There was a month between GCUC Canada and Blissdom.  I thought about how I wanted to bring all my loves together.  During every quiet moment I would take out my retro pen and paper and add things, cross them out, write new key words and create shapes that illustrated what I was picturing.

Last year was my first year at Blissdom and I was in awe of all these confident women.  I felt pretty intimidated and like a fraud. Who was I kidding?  I was not running a successful blog, I was not big in the social media world and I certainly wasn't able to compete.  I learned plenty, but I don't think I got nearly as much as I gave.

This year I took a different approach.  I decided that if I was going to spend all my hard earned money going to conference, I was going to enjoy it and make the most of it.  And I did.

One of the last sessions that I attended was with Christine Tremoulet (@christineBPC.) She talked about being bold.  She said you should be you and not apologize for it. Behave how you want to behave and don't be afraid to express yourself.

And that was it. That was the last straw.  I was able to piece together all the parts and send them off to fiverr  Below is what I came up with. It's all going to work together.  It all represents me. It may not always be in complete balance; however, I figure this infographic will act like the bumper lanes in a bowling alley and when I get off course, it will kick me back in line.

You might think it's cheesy; but that's okay, because I'm kind of cheesy.


NaBloPoMo November 2015



Friday, August 21, 2015

Latina Floundering

I feel like my fabulocity (fabulousness?) has taken a hike.

I have had a hard six months and I'm trying to find my way back to me.  It's more difficult than it sounds.



If any of you have been chronically ill, you'll get it.  And I've done a really good job of managing my illness, at least I think I have.

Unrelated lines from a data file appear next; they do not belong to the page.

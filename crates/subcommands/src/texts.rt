// `pinarewhemi cif`: the shots of a figure as a CIF text for viewers.
use crate::chosen::{choose, refuse_figure};
use crate::lines::ended;
use crate::sources::front;
use cif::write;
use fracture::{ENTRIES, NUMBERS, fracture};
use terminal::console::Console;
use terminal::host::Host;
use terminal::output::{nothing_yet, print};
use terminal::status::Status;

// Bytes that are enough for the text of every fracture.
const TEXT: usize = 6553;

// The text of a shot list. It has room, and a fracture's list is one that can be written, so neither 14 nor 21 is given.
fn write_list(console: Console, list: &[u16]) -> Status {
    let mut text = [0u8; TEXT];
    match write(list, &mut text) {
        Ok(bytes) => {
            let written = print(nothing_yet(console), front(&text, bytes));
            ended(written, false)
        }
        Err(_) => Status::Refused,
    }
}

// The subcommand: words 2 and 3 name the figure, which is fractured by its job's rule and written.
pub fn text_words<H: Host>(host: &H) -> Result<Status, Status> {
    let console = host.console();
    let chosen = choose(host)?;
    let figure = chosen.figure;
    let mut table = [0u32; ENTRIES];
    let mut list = [0u16; NUMBERS];
    let done = fracture(
        figure.corners(),
        figure.lengths(),
        chosen.header.threshold,
        chosen.header.weight,
        &mut table,
        &mut list,
    )
    .map_err(|denial| refuse_figure(console.err, chosen.k, &figure, denial.why))?;
    let shots = front(&list, 4 * (done.shots as usize));
    Ok(write_list(console, shots))
}
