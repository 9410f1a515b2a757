// The job that a subcommand's file says, and the figures of it.
use drawing::expected::BadLine;
use drawing::{is_drawing, pack, tell_line};
use explanation::jobs;
use job::Header;
use job::read::{check, whole};
use refusal::Fault;
use std::rt::Stderr;
use terminal::arguments::{argument, read_argument};
use terminal::errors::{say, say_number};
use terminal::host::Host;
use terminal::status::Status;
use walking::figures::Figure;

// The longest drawing, in bytes; a job is much shorter. One byte more is read, so that a longer one shows.
pub const MOST_TEXT: usize = 262144;

// Room that is enough for every divided figure, in numbers of the list.
pub const DIVIDED_NUMBERS: usize = 467856;

// The first n of some items; all of them where there are fewer.
pub fn front<T>(items: &[T], n: usize) -> &[T] {
    &items[..n.min(items.len())]
}

// Copies as many bytes as there is room for: how many.
fn copy_job(bytes: &[u8], job: &mut [u8]) -> usize {
    let n = bytes.len().min(job.len());
    job[..n].copy_from_slice(&bytes[..n]);
    n
}

// Tells a bad line of the drawing that word i names.
fn tell_bad_line<H: Host>(host: &H, i: usize, bad: BadLine) -> Status {
    let mut name = io::buffer();
    let length = argument(host, i, &mut name);
    tell_line(host.console().err, b"pinarewhemi", &name[..length], bad);
    Status::Refused
}

// Tells that the drawing that word i names is too long.
fn tell_long<H: Host>(host: &H, i: usize) -> Status {
    let mut name = io::buffer();
    let length = argument(host, i, &mut name);
    let err = host.console().err;
    say(err, b"pinarewhemi: ");
    say(err, &name[..length]);
    say_number(err, b": a drawing has at most ", MOST_TEXT as u64);
    say(err, b" bytes, and this one has more\n");
    Status::Refused
}

// The job that the drawing of word i is packed to, at the front of a buffer: how many bytes; or the status where there is none, which was
// told. A drawing that is too long was not read to its end: a part of it would be another drawing.
pub fn packed<H: Host>(host: &H, i: usize, text: &[u8], job: &mut [u8]) -> Result<usize, Status> {
    if MOST_TEXT < text.len() {
        return Err(tell_long(host, i));
    }
    pack(text, job).map_err(|bad| tell_bad_line(host, i, bad))
}

// The job that the bytes of word i are, or that they are packed to where they are a drawing, in the same way. Bytes are packed where they
// are no sound job, and begin as a drawing does: a sound job may begin so too, by coordinates that are letters.
fn job_of<H: Host>(host: &H, i: usize, bytes: &[u8], job: &mut [u8]) -> Result<usize, Status> {
    if check(bytes).is_err() && is_drawing(bytes) {
        return packed(host, i, bytes, job);
    }
    Ok(copy_job(bytes, job))
}

// The job of the file that word i names, in the same way: a job as it is, one byte more than the longest, so that a longer one shows; a
// drawing is packed.
pub fn read_job<H: Host>(host: &H, i: usize, job: &mut [u8]) -> Result<usize, Status> {
    let mut text = [0u8; MOST_TEXT + 1];
    let n = read_argument(host, b"pinarewhemi", i, &mut text).map_err(|_| Status::Failed)?;
    job_of(host, i, &text[..n], job)
}

// A job that is refused, told in words.
pub fn refuse_job(err: Stderr, job: &[u8], fault: Fault) -> Status {
    jobs::explain(err, job, fault);
    Status::Refused
}

// What a job says before its outlines; or the status where it is refused, which was told.
pub fn header_of(err: Stderr, job: &[u8]) -> Result<Header, Status> {
    whole(job).map_err(|fault| refuse_job(err, job, fault))
}

// Figure k of a job that was accepted.
pub fn figure_of(err: Stderr, job: &[u8], k: usize) -> Result<Figure, Status> {
    Figure::taken(job, k).map_err(|fault| refuse_job(err, job, fault))
}
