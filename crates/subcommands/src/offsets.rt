// `pinarewhemi index`: where each outline of a job starts, to find it in a hex viewer.
use crate::lines::ended;
use crate::sources::{front, read_job, refuse_job};
use index::opening::open;
use job::{MOST_BYTES, MOST_OUTLINES};
use terminal::console::Console;
use terminal::host::Host;
use terminal::output::{Output, nothing_yet, print, print_number};
use terminal::status::Status;

// The line of outline k.
fn print_offset(out: Output, k: usize, offset: u16) -> Output {
    let named = print_number(out, b"outline ", k as u64);
    let placed = print_number(named, b" at ", u64::from(offset));
    print(placed, b"\n")
}

// The lines of the outlines of a job, by its index.
fn print_offsets(index: &[u16], out: Output) -> Output {
    let mut next = out;
    for (k, offset) in index.iter().enumerate() {
        next = print_offset(next, k, *offset);
    }
    next
}

// A job, whose index is printed.
fn run(console: Console, job: &[u8]) -> Result<Status, Status> {
    let mut index = [0u16; MOST_OUTLINES as usize];
    let outlines = open(job, &mut index).map_err(|fault| refuse_job(console.err, job, fault))?;
    let counted = print_number(nothing_yet(console), b"job ", u64::from(outlines));
    let ruled = print(counted, b"\n");
    let printed = print_offsets(front(&index, outlines as usize), ruled);
    Ok(ended(printed, false))
}

// The subcommand: its file is word 2.
pub fn offset_words<H: Host>(host: &H) -> Result<Status, Status> {
    let mut job = [0u8; MOST_BYTES + 1];
    let n = read_job(host, 2, &mut job)?;
    run(host.console(), front(&job, n))
}
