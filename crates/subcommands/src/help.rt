// What the words of the program mean.
use crate::Subcommand;
use crate::lines::ended;
use std::rt::Stderr;
use terminal::console::Console;
use terminal::errors::complain;
use terminal::output::{nothing_yet, print};
use terminal::status::Status;

// Some words on standard output, and the status.
fn printed(console: Console, words: &[u8]) -> Status {
    ended(print(nothing_yet(console), words), false)
}

// The version, as the file VERSION has it.
pub fn print_version(console: Console) -> Status {
    printed(console, b"pinarewhemi 0.1.0\n")
}

// What there is.
fn help_of_all(console: Console) -> Status {
    printed(
        console,
        b"pinarewhemi: right-angled figures into rectangular shots for a mask writer\n\
\n\
\x20\x20pinarewhemi fracture FILE [--largest M] [--pinwheels]   the shots of every figure\n\
\x20\x20pinarewhemi picture FILE K [--pinwheels] > SVG          figure K and its shots, drawn\n\
\x20\x20pinarewhemi walk [JOB K EDGE]                           one edge of figure K, and the shots that it ends up on\n\
\x20\x20pinarewhemi pack DRAWING > JOB                          a text drawing into a job\n\
\x20\x20pinarewhemi list JOB > DRAWING                          a job as a text drawing\n\
\x20\x20pinarewhemi cif FILE K > TEXT                           the shots of figure K for a viewer\n\
\x20\x20pinarewhemi gdsii ELEMENT                               the shots of one boundary element of a GDSII stream\n\
\x20\x20pinarewhemi index FILE                                  where each outline of a job starts\n\
\x20\x20pinarewhemi salvage [JOB] > SOUND                       what is left of a broken job\n\
\x20\x20pinarewhemi SUBCOMMAND --help                           more of one of them\n\
\x20\x20pinarewhemi --version\n\
\n\
FILE is a job or a text drawing, JOB a job alone; - is standard input. Figures and edges are numbered from 0.\n\
Status: 0 done; 1 something was refused, and standard error says why; 2 reading or writing failed, or the words\n\
ask for nothing that there is.\n",
    )
}

fn help_of_fracture(console: Console) -> Status {
    printed(
        console,
        b"pinarewhemi fracture FILE [--largest M] [--pinwheels]\n\
\n\
Fractures every figure of a job or of a text drawing by its rule, and prints for each\n\
\x20\x20outline K shots N cost C sliver S\n\
and N lines of four numbers in nm: x low, y low, x high, y high. A refused figure is `outline K refused N`, and\n\
standard error says why.\n\
\x20\x20--largest M    each shot is divided so that no side is longer than M nm: 200 or twice the threshold, to 65535\n\
\x20\x20--pinwheels    a piece may also fall into four arms around an inner piece; no figure costs more so\n",
    )
}

fn help_of_picture(console: Console) -> Status {
    printed(
        console,
        b"pinarewhemi picture FILE K [--pinwheels] > SVG\n\
\n\
Draws figure K of a job or of a text drawing: the figure, its shots with their numbers, the cuts in their order,\n\
the charged sides of slivers in red, a scale, and shots, cost and sliver.\n",
    )
}

fn help_of_walk(console: Console) -> Status {
    printed(
        console,
        b"pinarewhemi walk JOB K EDGE\n\
\n\
The way of one edge of figure K of a job, from the bytes of the job to the shots that it ends up on, step by step.\n\
JOB is a job, as pinarewhemi pack makes one of a text drawing; - is standard input.\n\
pinarewhemi walk alone prints the walk over drawing B in numbers. docs/WALK.md tells what it shows.\n",
    )
}

fn help_of_pack(console: Console) -> Status {
    printed(
        console,
        b"pinarewhemi pack DRAWING > JOB\n\
\n\
Packs a text drawing into a job. A drawing is a line `rule THRESHOLD WEIGHT`; then for each figure a line `figure`,\n\
for each ring of it a line `ring`, and for each corner a line `X Y` in nm. # begins a comment. A bad line is told by\n\
its number.\n\
\x20\x20rule 25 40\n\
\x20\x20figure\n\
\x20\x20ring\n\
\x20\x200 0\n\
\x20\x2060 0\n\
\x20\x2060 80\n\
\x20\x200 80\n",
    )
}

fn help_of_list(console: Console) -> Status {
    printed(
        console,
        b"pinarewhemi list JOB > DRAWING\n\
\n\
Prints a job as a text drawing; packing that gives the job's bytes again.\n",
    )
}

fn help_of_cif(console: Console) -> Status {
    printed(
        console,
        b"pinarewhemi cif FILE K > TEXT\n\
\n\
Writes the shots of figure K of a job or of a text drawing as a CIF text, which layout viewers read.\n",
    )
}

fn help_of_gdsii(console: Console) -> Status {
    printed(
        console,
        b"pinarewhemi gdsii ELEMENT\n\
\n\
Fractures one boundary element of a GDSII stream, BOUNDARY to ENDEL, by preset 0 (25 nm, 40), and prints\n\
\x20\x20element shift X Y shots N cost C sliver S\n\
and N shots; the shift plus a shot is where it lies in the stream.\n",
    )
}

fn help_of_index(console: Console) -> Status {
    printed(
        console,
        b"pinarewhemi index FILE\n\
\n\
Prints the byte at which each outline of a job starts; of a text drawing, in the job that pack makes of it.\n",
    )
}

fn help_of_salvage(console: Console) -> Status {
    printed(
        console,
        b"pinarewhemi salvage [JOB] > SOUND\n\
\n\
Keeps the outlines of a broken job before its first fault, as a sound job; standard error says how many outlines were\n\
kept and lost, and how many bytes dropped. Status 0 where nothing was lost, 1 where something was.\n",
    )
}

// The help of a subcommand, or of all.
pub fn print_help(console: Console, which: Subcommand) -> Status {
    match which {
        Subcommand::Fracture => help_of_fracture(console),
        Subcommand::Picture => help_of_picture(console),
        Subcommand::Walk => help_of_walk(console),
        Subcommand::Pack => help_of_pack(console),
        Subcommand::List => help_of_list(console),
        Subcommand::Cif => help_of_cif(console),
        Subcommand::Gdsii => help_of_gdsii(console),
        Subcommand::Index => help_of_index(console),
        Subcommand::Salvage => help_of_salvage(console),
        Subcommand::Help | Subcommand::Version => help_of_all(console),
    }
}

// One line on standard error where there is no such subcommand.
pub fn complain_unknown(err: Stderr) -> Status {
    complain(
        err,
        b"pinarewhemi: there is no such subcommand; pinarewhemi --help lists them\n",
    )
}

// The same for a subcommand that has too few words or too many.
pub fn complain_of_words(err: Stderr) -> Status {
    complain(
        err,
        b"pinarewhemi: words are missing, or there are too many; pinarewhemi SUBCOMMAND --help says which are wanted\n",
    )
}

I will spend all day resting for whatever I have to do. Then I'll go to the the event, appointment, meeting, dinner and be ON. I'll smile and say the right things.  I'll make excuses for the other events I've missed and the social events I'm not caught up on.  Immediately afterwards, I'll come home and collapse.  At one point I was down to one thing a day.  One meeting, one picking up the house, one trip to the grocery, one task on the computer.

One. Thing.

Life pretty much stops when you are at one thing.  And you're in so much pain that there's not a whole lot of self reflection going on.  There's a haze, a vegetable state that takes over. Seriously, I sometimes feel like I'm going to turn into a chameleon that just blends into the couch.

 And now, there's fear, and if I'm honest, a little bit of old fashioned plain pissed off.

These past few weeks  I've been doing better.  I'm up to four things (Woo-Hoo!  FOUR things.)  Or maybe it's four hours out.  And then today, I'm back down to one thing.  It's so deflating!

Here I thought I was on my way!  My husband took a job he hates so that we could have health insurance.  So I thought, I'm getting better!  I'll get a job!  I started looking but I'm worried.  What if I get sick again?  Can I handle a job?

Or I think that I'll concentrate on the social media campaigns for the various companies I'm involved with.  I'll really give them that boost that they need.  I'll do great!  (I'm pretty good when I set my mind to it.) And then a day like today happens where I have to limit my screen time just to survive the pain.

Or I could get more piano students, or I could work harder at monetizing my monthly entrepreneur event, or I could...I'm sure you get the idea.  I have plenty of options to get things moving but I get stuck.  I get stuck in a virtual cesspool of swirling cement that drags all of my good intentions right down the drain and then locks them in tight.  They don't even really go any where. They sit at my feet taunting me.  And if I could just get one foot out, I could head in a direction.  And I was, I was moving forward and at least starting to explore the possibilities.  Until today, when I'm back to one thing.